Saved entries:
—————
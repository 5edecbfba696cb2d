//! The code of calls, from both sides.
//! It must not know trees.

ghost use Rattle.std.specs.Prelude.{◌≡◌, true, Some, OnOk, option_map};
ghost use Rattle.aplc_core.specs.PlainSteps.{slot_number};
ghost use Rattle.aplc_gen.specs.Layouts.{the_routine};
ghost use Rattle.aplc_gen.specs.Emitted.{pass_code, result_guard, got_code, call_code, result_code, count_down, leave_code, count_first, count_up};
ghost use Rattle.aplc_gen.specs.Writing.{added, site_of, slots_at, fits_slot};

use crate::expressions::{block, emit_guard};
use crate::site::Site;
use aplc_core::SlotId;
use aplc_cprof::{Builder, CExpr, CStmt, Int, Op, binary};
use aplc_scalar::FaultKind;
use std::alloc::{AllocError, Global};

const DEPTH: Int = Int::Global(0);

/// The right argument of a call on its way.
pub const RIGHT: Int = Int::Global(1);

/// The left one.
pub const LEFT: Int = Int::Global(2);

/// The result on its way.
const RESULT: Int = Int::Global(3);

/// Whether there is one.
const RESULT_FLAG: Int = Int::Global(4);

/// How many frames may stand.
const MOST_FRAMES: i64 = 4096;

/// An argument is on its way.
#[tactic(auto, using(crate::proofs::Adding::nothing_added))]
fn emit_pass(b: &mut Builder, site: &Site, to: Int, slot: Option<SlotId>) -> Result<(), AllocError>
    requires { fits_slot (slots_at site.now) (option_map slot_number slot) ≡ true }
    ensures { OnOk result (b.new ≡ added (pass_code (site_of site.now) to (option_map slot_number slot)) b.old) }
{
    match slot {
        None => Ok(()),
        Some(slot) => b.emit(CStmt::Set(to, CExpr::Var(Int::Local(site.slot(slot))))),
    }
}

/// A fault where no result is there, unless one surely is.
#[tactic(auto, using(crate::proofs::Adding::nothing_added))]
fn emit_result_guard(alloc: Global, b: &mut Builder, sure: bool) -> Result<(), AllocError>
    ensures { OnOk result (b.new ≡ added (result_guard sure) b.old) }
{
    if sure {
        return Ok(());
    }
    emit_guard(alloc, b, RESULT_FLAG)
}

/// The result goes into its slot.
#[tactic(auto, using(crate::proofs::Adding::nothing_added, crate::proofs::Adding::added_twice))]
fn emit_got(
    alloc: Global,
    b: &mut Builder,
    site: &Site,
    sure: bool,
    slot: Option<SlotId>,
) -> Result<(), AllocError>
    requires { fits_slot (slots_at site.now) (option_map slot_number slot) ≡ true }
    ensures { OnOk result (b.new ≡ added (got_code (site_of site.now) sure (option_map slot_number slot)) b.old) }
{
    match slot {
        None => Ok(()),
        Some(slot) => {
            emit_result_guard(alloc, b, sure)?;
            b.emit(CStmt::Set(Int::Local(site.slot(slot)), CExpr::Var(RESULT)))
        }
    }
}

/// The call of a function, with the slots of its arguments and of its result.
#[tactic(auto, using(crate::proofs::Adding::call_added))]
pub fn emit_call(
    alloc: Global,
    b: &mut Builder,
    site: &Site,
    function: u32,
    left: Option<SlotId>,
    right: Option<SlotId>,
    to: Option<SlotId>,
) -> Result<(), AllocError>
    requires left { fits_slot (slots_at site.now) (option_map slot_number left) ≡ true }
    requires right { fits_slot (slots_at site.now) (option_map slot_number right) ≡ true }
    requires to { fits_slot (slots_at site.now) (option_map slot_number to) ≡ true }
    ensures { OnOk result (b.new ≡ added (call_code (site_of site.now) function (option_map slot_number left) (option_map slot_number right) (option_map slot_number to)) b.old) }
{
    emit_pass(b, site, LEFT, left)?;
    emit_pass(b, site, RIGHT, right)?;
    b.emit(CStmt::Call(site.layout().function(function)))?;
    emit_got(alloc, b, site, site.gives(function as usize), to)
}

// ---- The way out

/// The result of this name is on its way, if it is set.
fn emit_result_of(alloc: Global, b: &mut Builder, site: &Site, name: u32) -> Result<(), AllocError>
    ensures { OnOk result (b.new ≡ added (result_code (site_of site.now) (Some name)) b.old) }
{
    let value = site.frame().value(name);
    let copy = CStmt::Set(RESULT, CExpr::Var(value));
    if site.frame().is_sure(name) {
        return b.emit(copy);
    }
    let there = block(alloc, copy)?;
    b.emit(CStmt::Set(RESULT_FLAG, CExpr::Var(site.frame().flag(name))))?;
    b.emit(CStmt::If(CExpr::Var(RESULT_FLAG), there, None))
}

#[tactic(auto, using(crate::proofs::Adding::nothing_added))]
fn emit_result(alloc: Global, b: &mut Builder, site: &Site) -> Result<(), AllocError>
    ensures { OnOk result (b.new ≡ added (result_code (site_of site.now) (the_routine (site_of site.now)).header.result) b.old) }
{
    match site.result() {
        None => Ok(()),
        Some(name) => emit_result_of(alloc, b, site, name),
    }
}

/// One frame less, where frames are counted.
#[tactic(auto, using(crate::proofs::Adding::nothing_added))]
fn emit_count_down(alloc: Global, b: &mut Builder, counted: bool) -> Result<(), AllocError>
    ensures { OnOk result (b.new ≡ added (count_down counted) b.old) }
{
    if !counted {
        return Ok(());
    }
    let less = binary(alloc, Op::Sub, CExpr::Var(DEPTH), CExpr::Lit(1))?;
    b.emit(CStmt::Set(DEPTH, less))
}

/// The way out of the function.
#[tactic(auto, using(crate::proofs::Adding::leave_added))]
pub fn emit_leave(alloc: Global, b: &mut Builder, site: &Site) -> Result<(), AllocError>
    ensures { OnOk result (b.new ≡ added (leave_code (site_of site.now)) b.old) }
{
    if site.is_first() {
        return b.emit(CStmt::Return);
    }
    emit_result(alloc, b, site)?;
    emit_count_down(alloc, b, site.layout().is_counted())?;
    b.emit(CStmt::Leave)?;
    b.emit(CStmt::Return)
}

// ---- The way in

/// One frame stands, where frames are counted.
#[tactic(auto, using(crate::proofs::Adding::nothing_added))]
pub fn emit_count_first(b: &mut Builder, counted: bool) -> Result<(), AllocError>
    ensures { OnOk result (b.new ≡ added (count_first counted) b.old) }
{
    if !counted {
        return Ok(());
    }
    b.emit(CStmt::Set(DEPTH, CExpr::Lit(1)))
}

/// One frame more, where frames are counted; a fault where as many stand as may.
#[tactic(auto, using(crate::proofs::Adding::nothing_added))]
pub fn emit_count_up(alloc: Global, b: &mut Builder, counted: bool) -> Result<(), AllocError>
    ensures { OnOk result (b.new ≡ added (count_up counted) b.old) }
{
    if !counted {
        return Ok(());
    }
    let deep = binary(
        alloc,
        Op::GreaterEq,
        CExpr::Var(DEPTH),
        CExpr::Lit(MOST_FRAMES),
    )?;
    let limit = block(alloc, CStmt::Fault(FaultKind::Limit))?;
    b.emit(CStmt::If(deep, limit, None))?;
    let more = binary(alloc, Op::Add, CExpr::Var(DEPTH), CExpr::Lit(1))?;
    b.emit(CStmt::Set(DEPTH, more))
}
—————
| Work item |
Given the records above, restate word for word only the lines starting at the one with "of the function." and ending at the one with "stands, where frames are counted.".

| Exercise answer |
/// The way out of the function.
#[tactic(auto, using(crate::proofs::Adding::leave_added))]
pub fn emit_leave(alloc: Global, b: &mut Builder, site: &Site) -> Result<(), AllocError>
    ensures { OnOk result (b.new ≡ added (leave_code (site_of site.now)) b.old) }
{
    if site.is_first() {
        return b.emit(CStmt::Return);
    }
    emit_result(alloc, b, site)?;
    emit_count_down(alloc, b, site.layout().is_counted())?;
    b.emit(CStmt::Leave)?;
    b.emit(CStmt::Return)
}

// ---- The way in

/// One frame stands, where frames are counted.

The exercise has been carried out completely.